Driving in Teluk Naga, North Jakarta feels like shiratal al-mustaqim. A long, straight line full of bumpy roads, tidal water filling the hole, and segregation on both sides of the road. I was amazed by a two-meter-tall concrete wall that divides the haves and have-nots, kampung and gated community. Instead of connecting suburbs to existing roads, private developers prefer to build a bridge that conceals the reality underground rather than improving the infrastructure for all.
The straight road to the fishing pond that I went to with my family is called Pipe Street. it is called that as a reference to the Pertamina’s, state-owned oil company, pipeline that exists underneath the road. The landscape along the road was surreal, looking like a post-apocalypse settlement where humans try to feed their family with the already depleted resources in the rough environment full of abandoned houses and litter. Yet just behind the wall that circumambulates the road, it was a paradise. Pantai Indah Kapuk (PIK) that is built on the ruins of an informal settlement is a place where Indonesian upper class can leisure with premium bars and restaurants, live in the ivory towers, and see white beaches without disturbed by ‘unsavoury lower class’.

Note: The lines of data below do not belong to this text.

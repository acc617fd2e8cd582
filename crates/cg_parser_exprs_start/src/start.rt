// Where an expression begins.
ghost use Rattle.std.specs.Prelude.{◌≡◌, IfOk};
ghost use Rattle.cg_parser_exprs_def.specs.Machine as machine;
ghost use Rattle.cg_parser_symbols.specs.Views.{symbol_view};
ghost use Rattle.cg_parser_build.specs.Bounded.{bounded};
ghost use Rattle.cg_parser_exprs_def.specs.Held.{types, patterns, Types, Patterns};
ghost use Rattle.cg_parser_exprs_frames.specs.Stack.{prefix_of, stack_of, mode_of, stage_of};

use cg_base::{Memory, Name, Place};
use cg_core::Op;
use cg_parser_build::{build, lists};
use cg_parser_exprs_frames::frame::{Frame, Mode, Owner, Prefix};
use cg_parser_exprs_frames::readers::Parts;
use cg_parser_exprs_frames::room::{room, stuck};
use cg_parser_stack::Stack;
use cg_parser_symbols::Symbol;
use std::alloc::Global;

/// At an upper name: where there is room it may have a payload.
fn on_upper(
    alloc: Global,
    stack: &mut Stack<Frame>,
    place: Place,
    bytes: &[u8],
) -> Result<Mode, Memory>
    ensures { IfOk result (λ m. (ts : Types) (ps : Patterns) → mode_of m ts ps (stack_of stack.new) ≡ machine.on_upper types patterns bounded place bytes.now (stack_of stack.old)) }
{
    let name = Name::new(alloc, bytes)?;
    if room(stack)? < 1 {
        return Ok(Mode::Have(build::con(place, name)));
    }
    Ok(Mode::AfterUpper(place, name))
}

/// At an operator with one operand.
fn on_prefix(stack: &mut Stack<Frame>, place: Place, prefix: Prefix) -> Result<Mode, Memory>
    ensures { IfOk result (λ m. (ts : Types) (ps : Patterns) → mode_of m ts ps (stack_of stack.new) ≡ machine.on_prefix types patterns bounded place (prefix_of prefix) (stack_of stack.old)) }
{
    if room(stack)? < 2 {
        return Ok(Mode::Stuck);
    }
    stack.push(Frame::Operand(place, prefix))?;
    Ok(Mode::Want)
}

/// At `let`.
fn on_let(
    alloc: Global,
    stack: &mut Stack<Frame>,
    parts: &mut Parts,
    place: Place,
) -> Result<Mode, Memory>
    ensures { IfOk result (λ m. stage_of m parts.new (stack_of stack.new) ≡ machine.on_let types patterns bounded place (stack_of stack.old)) }
{
    if room(stack)? < 12 {
        return Ok(Mode::Stuck);
    }
    parts.patterns.begin(alloc);
    Ok(Mode::InPattern(place, lists::no_binds(alloc)))
}

/// At `if`.
fn on_if(stack: &mut Stack<Frame>, place: Place) -> Result<Mode, Memory>
    ensures { IfOk result (λ m. (ts : Types) (ps : Patterns) → mode_of m ts ps (stack_of stack.new) ≡ machine.on_if types patterns bounded place (stack_of stack.old)) }
{
    if room(stack)? < 12 {
        return Ok(Mode::Stuck);
    }
    stack.push(Frame::Condition(place))?;
    Ok(Mode::Want)
}

/// At the closing parenthesis of `()`.
fn on_empty(stack: &mut Stack<Frame>) -> Result<Mode, Memory>
    ensures { IfOk result (λ m. (ts : Types) (ps : Patterns) → mode_of m ts ps (stack_of stack.new) ≡ machine.on_empty types patterns bounded (stack_of stack.old)) }
{
    match stack.pop() {
        None => Ok(Mode::Stuck),
        Some(Frame::InParen(place)) => Ok(Mode::Have(build::unit(place))),
        Some(frame) => stuck(stack, frame),
    }
}

/// Where an expression is wanted.
pub fn start<'a>(
    alloc: Global,
    stack: &mut Stack<Frame>,
    parts: &mut Parts,
    symbol: Symbol<'a>,
    place: Place,
) -> Result<Mode, Memory>
    ensures { IfOk result (λ m. stage_of m parts.new (stack_of stack.new) ≡ machine.start types patterns bounded (symbol_view symbol.entry) place (stack_of stack.old)) }
{
    match symbol {
        Symbol::Lower(bytes) => Ok(Mode::AfterLower(place, Name::new(alloc, bytes)?)),
        Symbol::Upper(bytes) => on_upper(alloc, stack, place, bytes),
        Symbol::Number(value) => Ok(Mode::Have(build::number(place, value))),
        Symbol::True => Ok(Mode::Have(build::boolean(place, true))),
        Symbol::False => Ok(Mode::Have(build::boolean(place, false))),
        Symbol::Opening => {
            stack.push(Frame::InParen(place))?;
            Ok(Mode::Want)
        }
        Symbol::Closing => on_empty(stack),
        Symbol::Unboxed => Ok(Mode::WantField(Owner::Record(place), lists::no_fields(alloc))),
        Symbol::Not => on_prefix(stack, place, Prefix::Operation(Op::Not)),
        Symbol::Complement => on_prefix(stack, place, Prefix::Operation(Op::Complement)),
        Symbol::Upcast => on_prefix(stack, place, Prefix::Upcast),
        Symbol::Let => on_let(alloc, stack, parts, place),
        Symbol::If => on_if(stack, place),
        _ => Ok(Mode::Stuck),
    }
}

Two worlds that co-exist in the same area demonstrate Indonesia’s high inequality and its approach to redevelopment. Without looking at statistics, the urban landscape pronounces inequality more clearly yet subtly. It was two different visions of the Indonesian future that I saw. One that is owned by the upper class, who accumulate land, labor, and capital, lives in the private neighborhood. Others that are dispossessed, work for wage, and marginalized survive in the kampung settlement. Both in the suburban and informal settlements, there is no state that plays the role of governance as if anything is delegated to private enterprises and community self-reliance. Or perhaps the government intentionally sided with the private enterprise in informalizing from above? As Roy in Urban Informality (2005) stated, informality is deregulated, rather than unregulated; managed by the state deliberately. When seeing walled development, I think Roy is right that in the neoliberal era, private developers are given free range to kick poor people from the land and produce a segregated urban landscape.

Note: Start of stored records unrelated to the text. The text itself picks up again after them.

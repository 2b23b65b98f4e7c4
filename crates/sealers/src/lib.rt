#![tactic(auto)]

// The sealer that cards are issued for: SEED under the algorithm byte 00, two-key Triple DES under 10.
ghost use Rattle.std.specs.Prelude.{◌≡◌, length};
ghost use Rattle.seal.specs.Message.{message_seal, message_workpad};
ghost use Rattle.sealers.specs.CardSealer.{card_registered, card_sealed};
ghost use Rattle.sealers.specs.Examples.{ExamplesHold};

use des::TripleDes;
use seal::{Pair, SealRefusal, Single, seal_message};
use seed::Seed;

// The algorithm byte of SEED.
// Form: numbers and not an enum, since a host's own sealer may have any algorithm byte registered.
const SEED: u8 = 0x00;

// The algorithm byte of two-key Triple DES.
const TRIPLE_DES: u8 = 0x10;

// The pair of both sealers.
pub fn card_sealer() -> Pair<Single<Seed>, Single<TripleDes>>
    ensures seed { result.first.algorithm ≡ 0x00 }
    ensures triple_des { result.second.algorithm ≡ 0x10 }
{
    Pair {
        first: Single {
            algorithm: SEED,
            cipher: Seed,
        },
        second: Single {
            algorithm: TRIPLE_DES,
            cipher: TripleDes,
        },
    }
}

// The seal of a message by the card's sealer, worked out on the lent workpad. The last clause says that the examples of docs/SEALS.md hold.
// Form: a host's inputs stay apart: a struct of algorithm, key and message would borrow what its caller owns, and be taken apart here at once.
#[tactic(auto, using(crate::proofs::Examples::examples_hold))]
pub fn card_seal(
    algorithm: u8,
    key: [u8; 16],
    message: &[u8],
    workpad: &mut [u8],
) -> Result<[u8; 4], SealRefusal>
    ensures answer { result ≡ message_seal (card_registered algorithm) (card_sealed algorithm key message.now) (length message.now) (length workpad.old) }
    ensures workpad { workpad.new ≡ message_workpad (length message.now) workpad.old }
    ensures examples { ExamplesHold }
{
    seal_message(&card_sealer(), algorithm, key, message, workpad)
}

Pipe Street crisscrossed with PIK’s streets in the map, yet it is not connected. Instead, all the road systems in PIK are above the pipe street, bridging the exclusive area with one another without trying to hide who it serves. As if Pipe Street is a relic that can be seen from above and far from the well-off to teach their kids to not end up as the fishermen below. From the pipe street, well-offs are seen as distant observers who intend to wipe out the street. Whenever roads that intersect each other, yet unconnected, exist, it is a mark of segregation that deliberately tries to alienate the poor from the rich.
I learned the tactics of segregation when I was in Tanzania. One time I saw my friend’s house; it was next to the local shacks. But he does not live in the shack; he lives in the mansion (an American dream house with a pool) and a security guard that is ready to take down any burglar or trespasser with guns. The fence is as tall as the eyes can see. It made me think of a theory. Where there is a fence, there is inequality. The taller the fence is, the more unequal the society is. A society with a fence is a society that is insecure, for which the fence separates the haves and have-nots. It is a society that prefers to secure the rich rather than invest in the poor for a better life.

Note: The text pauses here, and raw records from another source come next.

//! Trivia put back into a tree that is given.
ghost use Rattle.std.specs.Prelude.{◌≡◌, ◌≢◌, ◌≤◌, ◌<◌, IfErr, IfOk, map, true};
ghost use Rattle.rap_base.specs.declared.edition.Edition.{Edition};
ghost use Rattle.rap_events.specs.Cover.{covers};
ghost use Rattle.rap_events.specs.Forest.{used};
ghost use Rattle.rap_events.specs.Reading.{forest_of};
ghost use Rattle.rap_events.specs.Step.{step_value};
ghost use Rattle.rap_lexed.specs.Input.{records};
ghost use Rattle.rap_steps.specs.Steps.{IsTreeSteps};
ghost use Rattle.rap_c.specs.Given.{IsRefusal, IsUntouched};
ghost use Rattle.rap_c.specs.Output.{IsOutput};
ghost use Rattle.rap_c.specs.Woven.{ComesOfWeave, ComesOfWeaving, IsFilledWeave, IsWeave};

use crate::answer::{Fault, OK, RapAnswer, settle};
use crate::filler::Filler;
use crate::given::steps_of;
use crate::numbers::edition_of;
use crate::reading::{read, text_of};
use crate::step::RapStep;
use ra_ap_parser::{Edition, LexedStr, Step};
use rap_lexed::used::end_after;
use rap_steps::{covered, is_tree};
use std::alloc::Global;

/// Fills the room with the tree of these steps, trivia put back. Its leaves stand for so many tokens.
fn fill_tree_steps(
    lexed: &LexedStr<'_>,
    tree: &[Step<'_>],
    count: usize,
    steps: &mut [RapStep],
    messages: &mut [u8],
) -> RapAnswer
    requires tree { IsTreeSteps (map step_value tree.now) }
    requires prefix { (edition : Edition) × (covers (records lexed.now.tokens edition) (forest_of (map step_value tree.now)) ≡ true) }
    requires count { count ≡ used (forest_of (map step_value tree.now)) }
    ensures { IsOutput lexed.now.tokens (forest_of (map step_value tree.now)) steps.old steps.new messages.old messages.new result }
{
    let used = end_after(lexed, count);
    let mut filler = Filler::new(steps, messages);
    match lexed.intersperse_steps(tree, &mut filler) {
        Ok(_whole) => filler.answer(OK, used),
        Err(never) => match never {},
    }
}

/// Tests the steps that were given, and fills the room with their tree, trivia put back.
fn fill_weave(
    alloc: Global,
    edition: Edition,
    text: &str,
    given: &[RapStep],
    given_messages: &[u8],
    steps: &mut [RapStep],
    messages: &mut [u8],
) -> Result<RapAnswer, Fault>
    ensures filled { IfOk result (IsFilledWeave text.now edition given.now given_messages.now steps.old steps.new messages.old messages.new) }
    ensures fault { IfErr result (ComesOfWeaving text.now edition given.now given_messages.now) }
    ensures untouched { IfErr result (λ _. IsUntouched steps.old steps.new messages.old messages.new) }
{
    let reading = read(alloc, edition, text)?;
    let tree = steps_of(alloc, given, given_messages)?;
    let Ok(is_one) = is_tree(alloc, tree.as_slice()) else {
        return Err(Fault::NoMemory);
    };
    if !is_one {
        return Err(Fault::NoSteps);
    }
    let Some(count) = covered(alloc, tree.as_slice(), &reading.input) else {
        return Err(Fault::NoSteps);
    };
    Ok(fill_tree_steps(&reading.lexed, tree.as_slice(), count, steps, messages))
}

/// Reads the number and the bytes, and fills the room.
fn weave(
    alloc: Global,
    text: &[u8],
    edition: u32,
    tree: &[RapStep],
    tree_messages: &[u8],
    steps: &mut [RapStep],
    messages: &mut [u8],
) -> Result<RapAnswer, Fault>
    ensures filled { IfOk result (IsWeave text.now edition tree.now tree_messages.now steps.old steps.new messages.old messages.new) }
    ensures fault { IfErr result (ComesOfWeave text.now edition tree.now tree_messages.now) }
    ensures untouched { IfErr result (λ _. IsUntouched steps.old steps.new messages.old messages.new) }
{
    let edition = edition_of(edition)?;
    let text = text_of(text)?;
    fill_weave(alloc, edition, text, tree, tree_messages, steps, messages)
}

/// Puts the trivia of the text back into a tree over its tokens, whose steps and whose messages' bytes are given, and
/// fills the slices with its steps and with the bytes of its messages. Returns how many of each there are, and where
/// the last token of the tree ends.
#[unsafe(no_mangle)]
pub extern "C" fn rap_weave(
    alloc: Global,
    text: &[u8],
    edition: u32,
    tree: &[RapStep],
    tree_messages: &[u8],
    steps: &mut [RapStep],
    messages: &mut [u8],
) -> RapAnswer
    ensures woven { result.status ≡ 0 → IsWeave text.now edition tree.now tree_messages.now steps.old steps.new messages.old messages.new result }
    ensures refused { result.status ≢ 0 → IsRefusal (ComesOfWeave text.now edition tree.now tree_messages.now) result × IsUntouched steps.old steps.new messages.old messages.new }
{
    settle(weave(alloc, text, edition, tree, tree_messages, steps, messages))
}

To my surprise, my Tanzanian observation can be seen in Indonesia. It was in PIK, or Teluk Naga, depending on which side you stand, that fences divide the have and have-not. Teluk Naga looks more like a Bantustan on which it is an unfinished patchwork of ‘redevelopment,’ cut and placed discontinuously by PIK. Fence has transformed the fishing village into a segregated informal compound waiting for its removal. While PIK is developed and uninterrupted, it eats Teluk Naga alive.
Ungrateful, private developers let the roads, like Pipe Street, be destroyed and bumpy while isolating it from their own roads. They ironically utilize roads like Pipe streets, which are built by the government, for their heavy-loaded trucks that dominate the landscape, without bearing any responsibility for the streets’ usage. Developers’ trucks that bring construction materials to PIK use Teluk Naga’s road system. Even though PIK has their own slick road system that is connected to highways, they prefer to use kampung roads. PIK streets are for the private users to drive their fast cars, not for construction trucks. Because they deliberately know that construction trucks will wreck their expensive streets, why don’t they then use streets that are not owned by us? Private developers are free from any responsibility while kampung residents bear the prices of destructed roads.
It is an inequality that they constructed, not inclusive development. Redevelopment that only beautifies certain areas while ignoring the rest is doomed to rest on unstable relationships that give rise to a deep resentment on the side of the marginalized. In the future, it could backfire when there is political instability. The 1998 riot has told us something: that once the Pandora’s box has been opened, fires from below will be hard to extinguish. For the sake of beachview, building on the sand is not the wisest deed, as it is prone to the tsunami, literally and figuratively.